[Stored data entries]

//! Every offset, every point and every row of texts, against counts over the plain text.
use crate::parts::{has, rope_of};
use crate::ropes::{Ask, Kind, Spot, answer, append_to};
use rope_chunks::Rope;
use std::alloc::Global;
use sum_tree::OutOfMemory;
use text_dims::Place;
use tree_cursor::Bias;

// Some 300 bytes: characters of 1 to 4 bytes, CRs, empty rows, and a longest row in the middle.
const MIXED: &str =
    "The first row is plain.\r\n\né😀€z: naïve čeština, 日本語\nThe longest row, in the middle: 0123456789 abcdefghijklmnop ßßß €€€ 😀😀\n\n\r\nshort\ntwo rows of equal length: é\ntwo rows of equal length: €\r\n😀😀😀😀😀😀😀😀😀\n\u{7f}\u{80}\u{7ff}\u{800}\u{ffff}\u{10000}\u{10ffff}\nno LF at the end é";

const TEXTS: &[&str] = &[
    "",
    "a",
    "😀",
    "\n",
    "a\nbc",
    "é😀\n",
    "\n\n\n",
    "ab\r\ncd\n\nxyz\npqr",
    "a\nbcd\nef\nghi\n",
    "€uro\nß\r",
    "a\n😀é€z\nbcd\nwxyz",
    MIXED,
];

// The place past a character.
fn past(place: Place, character: char) -> Place {
    let bytes = character.len_utf8() as u64;
    let units = character.len_utf16() as u64;
    let mut next = place;
    next.offset = next.offset.wrapping_add(bytes);
    next.utf16 = next.utf16.wrapping_add(units);
    next.column = next.column.wrapping_add(bytes);
    next.column_utf16 = next.column_utf16.wrapping_add(units);
    if character == '\n' {
        next.row = next.row.wrapping_add(1);
        next.column = 0;
        next.column_utf16 = 0;
    }
    next
}

// The places of a text, counted character by character.
fn places_of(alloc: Global, text: &str) -> Result<Vec<Place>, OutOfMemory> {
    let mut places = Vec::new(alloc);
    let mut place = Place::default();
    for character in text.chars() {
        places.push(place)?;
        place = past(place, character);
    }
    places.push(place)?;
    Ok(places)
}

// The rope of a text, from pieces of several sizes: some of its chunks are short.
fn from_pieces(alloc: Global, text: &str) -> Result<Rope, OutOfMemory> {
    let mut rope = Rope::new(alloc)?;
    let mut rest = text;
    for size in [70, 70, 1, 100, 40, 3, 90, 1000] {
        let (piece, after) = rest.split_at(rest.floor_char_boundary(size));
        append_to(alloc, &mut rope, rope_of(alloc, piece)?)?;
        rest = after;
    }
    Ok(rope)
}

// The place that is named so in one kind, in another kind.
fn counted(places: &[Place], from: Kind, to: Kind, at: Spot) -> Option<Spot> {
    for place in places {
        if from.spot_of(place) == at {
            return Some(to.spot_of(place));
        }
    }
    None
}

// Where a position is clipped to, counted over the places of its row.
fn clipped(places: &[Place], kind: Kind, at: Spot, bias: Bias) -> Option<Spot> {
    let mut before = None;
    let mut last = None;
    for place in places {
        let spot = kind.spot_of(place);
        if spot.0 == at.0 && spot.1 >= at.1 && (bias == Bias::Right || spot.1 == at.1) {
            return Some(spot);
        }
        if spot.0 == at.0 && spot.1 <= at.1 {
            before = Some(spot);
        }
        last = Some(spot);
    }
    before.or(last)
}

// How long a row is.
fn counted_row(places: &[Place], row: u64) -> Option<Spot> {
    let mut len = None;
    for place in places {
        if place.row == row {
            len = Some((0, place.column));
        }
    }
    len
}

// The first row with the most characters.
fn longest_row(text: &str) -> Spot {
    let mut row = 0u64;
    let mut longest = (0, 0);
    for line in text.split('\n') {
        let chars = line.chars().count() as u64;
        if chars > longest.1 {
            longest = (row, chars);
        }
        row = row.wrapping_add(1);
    }
    longest
}

// What should be answered.
fn expected(text: &str, places: &[Place], ask: Ask, at: Spot) -> Option<Spot> {
    match ask {
        Ask::Convert(from, to) => counted(places, from, to, at),
        Ask::ClipOffset(bias) => clipped(places, Kind::Offset, at, bias),
        Ask::ClipPoint(bias) => clipped(places, Kind::Point, at, bias),
        Ask::RowLen => counted_row(places, at.0),
        Ask::Len => Some((0, text.len() as u64)),
        Ask::End => clipped(places, Kind::Point, (u64::MAX, 0), Bias::Right),
        Ask::LongestRow => Some(longest_row(text)),
    }
}

// What is asked, at which rows and columns. Offsets and units go past the end of each text.
const ASKS: &[(Ask, u64, u64)] = &[
    (Ask::Convert(Kind::Offset, Kind::Point), 1, 380),
    (Ask::Convert(Kind::Offset, Kind::Units), 1, 380),
    (Ask::Convert(Kind::Units, Kind::Offset), 1, 380),
    (Ask::ClipOffset(Bias::Left), 1, 380),
    (Ask::ClipOffset(Bias::Right), 1, 380),
    (Ask::Convert(Kind::Point, Kind::Offset), 15, 90),
    (Ask::Convert(Kind::Point, Kind::PointUnits), 15, 90),
    (Ask::Convert(Kind::PointUnits, Kind::Point), 15, 90),
    (Ask::ClipPoint(Bias::Left), 15, 90),
    (Ask::ClipPoint(Bias::Right), 15, 90),
    (Ask::RowLen, 15, 1),
    (Ask::Len, 1, 1),
    (Ask::End, 1, 1),
    (Ask::LongestRow, 1, 1),
];

// The first spot at which a rope answers something else than was counted.
fn wrong_spot(
    rope: &Rope,
    text: &str,
    places: &[Place],
    (ask, rows, columns): (Ask, u64, u64),
) -> Option<Spot> {
    for row in 0..rows {
        for column in 0..columns {
            let at = (row, column);
            if answer(rope, ask, at) != expected(text, places, ask, at) {
                return Some(at);
            }
        }
    }
    None
}

// What a rope answers wrong of its text, and where.
fn wrong(alloc: Global, rope: &Rope, text: &str) -> Result<Option<(Ask, Spot)>, OutOfMemory> {
    let places = places_of(alloc, text)?;
    for asked in ASKS {
        if let Some(at) = wrong_spot(rope, text, &places, *asked) {
            return Ok(Some((asked.0, at)));
        }
    }
    Ok(None)
}

// Whether the rope has its text, and what it answers wrong of it.
type Judged = (bool, Option<(Ask, Spot)>);

fn judge(alloc: Global, rope: &Rope, text: &str) -> Result<Judged, OutOfMemory> {
    let right = has(alloc, rope, text)? & rope.row_len(u64::MAX).is_none();
    Ok((right, wrong(alloc, rope, text)?))
}

fn judge_whole(alloc: Global, text: &str) -> Result<Judged, OutOfMemory> {
    let rope = rope_of(alloc, text)?;
    judge(alloc, &rope, text)
}

fn judge_pieces(alloc: Global, text: &str) -> Result<Judged, OutOfMemory> {
    let rope = from_pieces(alloc, text)?;
    judge(alloc, &rope, text)
}

#[test]
fn ropes_answer_as_counted(rt: HostRuntime) -> Result<(), OutOfMemory> {
    for &text in TEXTS {
        let (right, wrong) = judge_whole(rt.alloc(), text)?;
        assert!(rt; right & wrong.is_none(), "{wrong:?} of {text:?}");
        let (right, wrong) = judge_pieces(rt.alloc(), text)?;
        assert!(rt; right & wrong.is_none(), "{wrong:?} of {text:?}, in pieces");
    }
    Ok(())
}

### EXERCISE PROMPT
Each line from the beginning of the entries to the line with "use tree_cursor::Bias;" must be repeated exactly, with both end lines kept and no other lines given.

### SOLUTION TO THIS TASK
//! Every offset, every point and every row of texts, against counts over the plain text.
use crate::parts::{has, rope_of};
use crate::ropes::{Ask, Kind, Spot, answer, append_to};
use rope_chunks::Rope;
use std::alloc::Global;
use sum_tree::OutOfMemory;
use text_dims::Place;
use tree_cursor::Bias;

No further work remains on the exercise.